**What to work on**
Write the data out again, matching every line exactly.

[Items from a data source]
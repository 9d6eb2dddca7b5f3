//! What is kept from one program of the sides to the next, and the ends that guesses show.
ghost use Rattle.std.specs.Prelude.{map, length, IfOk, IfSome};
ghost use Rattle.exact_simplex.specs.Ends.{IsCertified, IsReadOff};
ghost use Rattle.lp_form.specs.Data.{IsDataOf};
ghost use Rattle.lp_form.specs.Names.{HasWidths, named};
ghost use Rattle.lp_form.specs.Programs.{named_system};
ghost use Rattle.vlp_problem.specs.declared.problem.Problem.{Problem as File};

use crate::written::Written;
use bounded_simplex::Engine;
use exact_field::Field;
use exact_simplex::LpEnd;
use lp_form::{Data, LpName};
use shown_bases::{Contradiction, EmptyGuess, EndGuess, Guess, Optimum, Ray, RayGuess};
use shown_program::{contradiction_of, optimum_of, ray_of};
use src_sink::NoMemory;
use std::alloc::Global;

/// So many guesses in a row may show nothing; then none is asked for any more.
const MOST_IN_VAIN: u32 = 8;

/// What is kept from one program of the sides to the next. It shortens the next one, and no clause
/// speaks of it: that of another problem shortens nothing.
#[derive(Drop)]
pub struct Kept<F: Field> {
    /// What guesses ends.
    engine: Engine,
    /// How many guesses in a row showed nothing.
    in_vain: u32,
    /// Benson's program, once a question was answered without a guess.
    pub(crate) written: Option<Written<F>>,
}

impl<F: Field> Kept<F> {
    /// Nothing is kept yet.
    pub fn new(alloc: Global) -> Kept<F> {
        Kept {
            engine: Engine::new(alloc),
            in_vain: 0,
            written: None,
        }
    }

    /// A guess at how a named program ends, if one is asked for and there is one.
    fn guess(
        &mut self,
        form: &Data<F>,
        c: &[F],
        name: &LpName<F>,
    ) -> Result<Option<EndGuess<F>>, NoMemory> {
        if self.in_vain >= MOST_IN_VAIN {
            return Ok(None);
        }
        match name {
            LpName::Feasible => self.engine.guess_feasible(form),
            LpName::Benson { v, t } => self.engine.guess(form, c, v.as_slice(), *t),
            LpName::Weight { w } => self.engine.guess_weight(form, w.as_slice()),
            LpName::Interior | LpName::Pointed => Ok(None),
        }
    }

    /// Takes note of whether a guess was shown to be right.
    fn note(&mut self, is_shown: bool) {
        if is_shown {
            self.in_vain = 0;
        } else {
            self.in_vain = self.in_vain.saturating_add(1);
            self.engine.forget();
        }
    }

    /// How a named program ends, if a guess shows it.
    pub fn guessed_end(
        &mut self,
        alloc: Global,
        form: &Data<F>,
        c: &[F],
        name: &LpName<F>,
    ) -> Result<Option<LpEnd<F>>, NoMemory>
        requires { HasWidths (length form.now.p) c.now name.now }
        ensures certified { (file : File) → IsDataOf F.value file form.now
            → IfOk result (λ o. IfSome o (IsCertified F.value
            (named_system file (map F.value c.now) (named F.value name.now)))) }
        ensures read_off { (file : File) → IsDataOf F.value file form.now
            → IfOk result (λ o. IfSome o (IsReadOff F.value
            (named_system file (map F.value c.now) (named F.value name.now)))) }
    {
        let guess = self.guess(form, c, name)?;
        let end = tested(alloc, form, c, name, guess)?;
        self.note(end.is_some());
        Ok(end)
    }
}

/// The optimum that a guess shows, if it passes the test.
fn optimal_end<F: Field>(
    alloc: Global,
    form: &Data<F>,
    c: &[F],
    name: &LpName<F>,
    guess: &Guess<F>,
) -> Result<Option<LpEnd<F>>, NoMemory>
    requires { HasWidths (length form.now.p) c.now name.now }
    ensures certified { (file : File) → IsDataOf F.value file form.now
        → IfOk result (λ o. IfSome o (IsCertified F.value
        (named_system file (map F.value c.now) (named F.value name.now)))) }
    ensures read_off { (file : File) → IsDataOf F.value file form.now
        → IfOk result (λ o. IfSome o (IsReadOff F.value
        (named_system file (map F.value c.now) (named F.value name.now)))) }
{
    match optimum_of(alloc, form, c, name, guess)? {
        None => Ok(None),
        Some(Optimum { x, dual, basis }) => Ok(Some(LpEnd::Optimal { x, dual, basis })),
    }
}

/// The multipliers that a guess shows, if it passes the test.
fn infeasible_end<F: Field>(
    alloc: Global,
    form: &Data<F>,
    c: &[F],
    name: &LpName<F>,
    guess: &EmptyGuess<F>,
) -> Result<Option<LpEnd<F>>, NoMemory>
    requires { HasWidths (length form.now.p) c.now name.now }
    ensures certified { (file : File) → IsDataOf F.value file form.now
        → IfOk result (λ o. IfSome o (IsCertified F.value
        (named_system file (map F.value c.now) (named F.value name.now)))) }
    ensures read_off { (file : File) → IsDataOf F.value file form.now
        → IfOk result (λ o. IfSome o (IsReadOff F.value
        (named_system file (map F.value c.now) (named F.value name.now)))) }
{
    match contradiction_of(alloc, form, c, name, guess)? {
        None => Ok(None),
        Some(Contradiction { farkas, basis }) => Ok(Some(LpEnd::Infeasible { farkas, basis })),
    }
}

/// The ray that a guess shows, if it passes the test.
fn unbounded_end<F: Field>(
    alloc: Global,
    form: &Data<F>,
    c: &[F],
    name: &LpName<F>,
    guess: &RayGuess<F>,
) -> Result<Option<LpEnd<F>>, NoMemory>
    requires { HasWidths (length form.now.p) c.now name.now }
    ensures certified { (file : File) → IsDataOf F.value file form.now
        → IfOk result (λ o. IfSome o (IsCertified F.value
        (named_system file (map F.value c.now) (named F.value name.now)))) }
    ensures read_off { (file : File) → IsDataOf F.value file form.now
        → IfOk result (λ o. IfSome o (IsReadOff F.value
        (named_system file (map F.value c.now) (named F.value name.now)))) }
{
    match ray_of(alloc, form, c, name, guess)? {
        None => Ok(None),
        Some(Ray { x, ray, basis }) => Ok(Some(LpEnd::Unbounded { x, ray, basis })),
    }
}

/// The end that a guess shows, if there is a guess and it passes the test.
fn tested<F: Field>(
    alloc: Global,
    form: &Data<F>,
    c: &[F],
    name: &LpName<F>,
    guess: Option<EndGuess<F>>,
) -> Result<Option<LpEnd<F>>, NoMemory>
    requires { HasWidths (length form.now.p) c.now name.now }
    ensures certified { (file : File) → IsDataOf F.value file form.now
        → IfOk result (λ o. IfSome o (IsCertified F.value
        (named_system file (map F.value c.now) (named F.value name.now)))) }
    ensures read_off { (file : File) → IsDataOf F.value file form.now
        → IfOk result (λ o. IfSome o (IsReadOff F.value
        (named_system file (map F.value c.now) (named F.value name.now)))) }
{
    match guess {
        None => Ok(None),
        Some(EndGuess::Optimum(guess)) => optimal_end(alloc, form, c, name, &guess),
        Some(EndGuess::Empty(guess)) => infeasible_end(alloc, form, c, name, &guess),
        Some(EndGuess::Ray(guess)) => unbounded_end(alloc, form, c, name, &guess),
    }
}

**Reply**
repository 9d6eb2dddca7b5f3
//! What is kept from one program of the sides to the next, and the ends that guesses show.
ghost use Rattle.std.specs.Prelude.{map, length, IfOk, IfSome};
ghost use Rattle.exact_simplex.specs.Ends.{IsCertified, IsReadOff};
ghost use Rattle.lp_form.specs.Data.{IsDataOf};
ghost use Rattle.lp_form.specs.Names.{HasWidths, named};
ghost use Rattle.lp_form.specs.Programs.{named_system};
ghost use Rattle.vlp_problem.specs.declared.problem.Problem.{Problem as File};

use crate::written::Written;
use bounded_simplex::Engine;
use exact_field::Field;
use exact_simplex::LpEnd;
use lp_form::{Data, LpName};
use shown_bases::{Contradiction, EmptyGuess, EndGuess, Guess, Optimum, Ray, RayGuess};
use shown_program::{contradiction_of, optimum_of, ray_of};
use src_sink::NoMemory;
use std::alloc::Global;

/// So many guesses in a row may show nothing; then none is asked for any more.
const MOST_IN_VAIN: u32 = 8;

/// What is kept from one program of the sides to the next. It shortens the next one, and no clause
/// speaks of it: that of another problem shortens nothing.
#[derive(Drop)]
pub struct Kept<F: Field> {
    /// What guesses ends.
    engine: Engine,
    /// How many guesses in a row showed nothing.
    in_vain: u32,
    /// Benson's program, once a question was answered without a guess.
    pub(crate) written: Option<Written<F>>,
}

impl<F: Field> Kept<F> {
    /// Nothing is kept yet.
    pub fn new(alloc: Global) -> Kept<F> {
        Kept {
            engine: Engine::new(alloc),
            in_vain: 0,
            written: None,
        }
    }

    /// A guess at how a named program ends, if one is asked for and there is one.
    fn guess(
        &mut self,
        form: &Data<F>,
        c: &[F],
        name: &LpName<F>,
    ) -> Result<Option<EndGuess<F>>, NoMemory> {
        if self.in_vain >= MOST_IN_VAIN {
            return Ok(None);
        }
        match name {
            LpName::Feasible => self.engine.guess_feasible(form),
            LpName::Benson { v, t } => self.engine.guess(form, c, v.as_slice(), *t),
            LpName::Weight { w } => self.engine.guess_weight(form, w.as_slice()),
            LpName::Interior | LpName::Pointed => Ok(None),
        }
    }

    /// Takes note of whether a guess was shown to be right.
    fn note(&mut self, is_shown: bool) {
        if is_shown {
            self.in_vain = 0;
        } else {
            self.in_vain = self.in_vain.saturating_add(1);
            self.engine.forget();
        }
    }

    /// How a named program ends, if a guess shows it.
    pub fn guessed_end(
        &mut self,
        alloc: Global,
        form: &Data<F>,
        c: &[F],
        name: &LpName<F>,
    ) -> Result<Option<LpEnd<F>>, NoMemory>
        requires { HasWidths (length form.now.p) c.now name.now }
        ensures certified { (file : File) → IsDataOf F.value file form.now
            → IfOk result (λ o. IfSome o (IsCertified F.value
            (named_system file (map F.value c.now) (named F.value name.now)))) }
        ensures read_off { (file : File) → IsDataOf F.value file form.now
            → IfOk result (λ o. IfSome o (IsReadOff F.value
            (named_system file (map F.value c.now) (named F.value name.now)))) }
    {
        let guess = self.guess(form, c, name)?;
        let end = tested(alloc, form, c, name, guess)?;
        self.note(end.is_some());
        Ok(end)
    }
}

/// The optimum that a guess shows, if it passes the test.
fn optimal_end<F: Field>(
    alloc: Global,
    form: &Data<F>,
    c: &[F],
    name: &LpName<F>,
    guess: &Guess<F>,
) -> Result<Option<LpEnd<F>>, NoMemory>
    requires { HasWidths (length form.now.p) c.now name.now }
    ensures certified { (file : File) → IsDataOf F.value file form.now
        → IfOk result (λ o. IfSome o (IsCertified F.value
        (named_system file (map F.value c.now) (named F.value name.now)))) }
    ensures read_off { (file : File) → IsDataOf F.value file form.now
        → IfOk result (λ o. IfSome o (IsReadOff F.value
        (named_system file (map F.value c.now) (named F.value name.now)))) }
{
    match optimum_of(alloc, form, c, name, guess)? {
        None => Ok(None),
        Some(Optimum { x, dual, basis }) => Ok(Some(LpEnd::Optimal { x, dual, basis })),
    }
}

/// The multipliers that a guess shows, if it passes the test.
fn infeasible_end<F: Field>(
    alloc: Global,
    form: &Data<F>,
    c: &[F],
    name: &LpName<F>,
    guess: &EmptyGuess<F>,
) -> Result<Option<LpEnd<F>>, NoMemory>
    requires { HasWidths (length form.now.p) c.now name.now }
    ensures certified { (file : File) → IsDataOf F.value file form.now
        → IfOk result (λ o. IfSome o (IsCertified F.value
        (named_system file (map F.value c.now) (named F.value name.now)))) }
    ensures read_off { (file : File) → IsDataOf F.value file form.now
        → IfOk result (λ o. IfSome o (IsReadOff F.value
        (named_system file (map F.value c.now) (named F.value name.now)))) }
{
    match contradiction_of(alloc, form, c, name, guess)? {
        None => Ok(None),
        Some(Contradiction { farkas, basis }) => Ok(Some(LpEnd::Infeasible { farkas, basis })),
    }
}

/// The ray that a guess shows, if it passes the test.
fn unbounded_end<F: Field>(
    alloc: Global,
    form: &Data<F>,
    c: &[F],
    name: &LpName<F>,
    guess: &RayGuess<F>,
) -> Result<Option<LpEnd<F>>, NoMemory>
    requires { HasWidths (length form.now.p) c.now name.now }
    ensures certified { (file : File) → IsDataOf F.value file form.now
        → IfOk result (λ o. IfSome o (IsCertified F.value
        (named_system file (map F.value c.now) (named F.value name.now)))) }
    ensures read_off { (file : File) → IsDataOf F.value file form.now
        → IfOk result (λ o. IfSome o (IsReadOff F.value
        (named_system file (map F.value c.now) (named F.value name.now)))) }
{
    match ray_of(alloc, form, c, name, guess)? {
        None => Ok(None),
        Some(Ray { x, ray, basis }) => Ok(Some(LpEnd::Unbounded { x, ray, basis })),
    }
}

/// The end that a guess shows, if there is a guess and it passes the test.
fn tested<F: Field>(
    alloc: Global,
    form: &Data<F>,
    c: &[F],
    name: &LpName<F>,
    guess: Option<EndGuess<F>>,
) -> Result<Option<LpEnd<F>>, NoMemory>
    requires { HasWidths (length form.now.p) c.now name.now }
    ensures certified { (file : File) → IsDataOf F.value file form.now
        → IfOk result (λ o. IfSome o (IsCertified F.value
        (named_system file (map F.value c.now) (named F.value name.now)))) }
    ensures read_off { (file : File) → IsDataOf F.value file form.now
        → IfOk result (λ o. IfSome o (IsReadOff F.value
        (named_system file (map F.value c.now) (named F.value name.now)))) }
{
    match guess {
        None => Ok(None),
        Some(EndGuess::Optimum(guess)) => optimal_end(alloc, form, c, name, &guess),
        Some(EndGuess::Empty(guess)) => infeasible_end(alloc, form, c, name, &guess),
        Some(EndGuess::Ray(guess)) => unbounded_end(alloc, form, c, name, &guess),
    }
}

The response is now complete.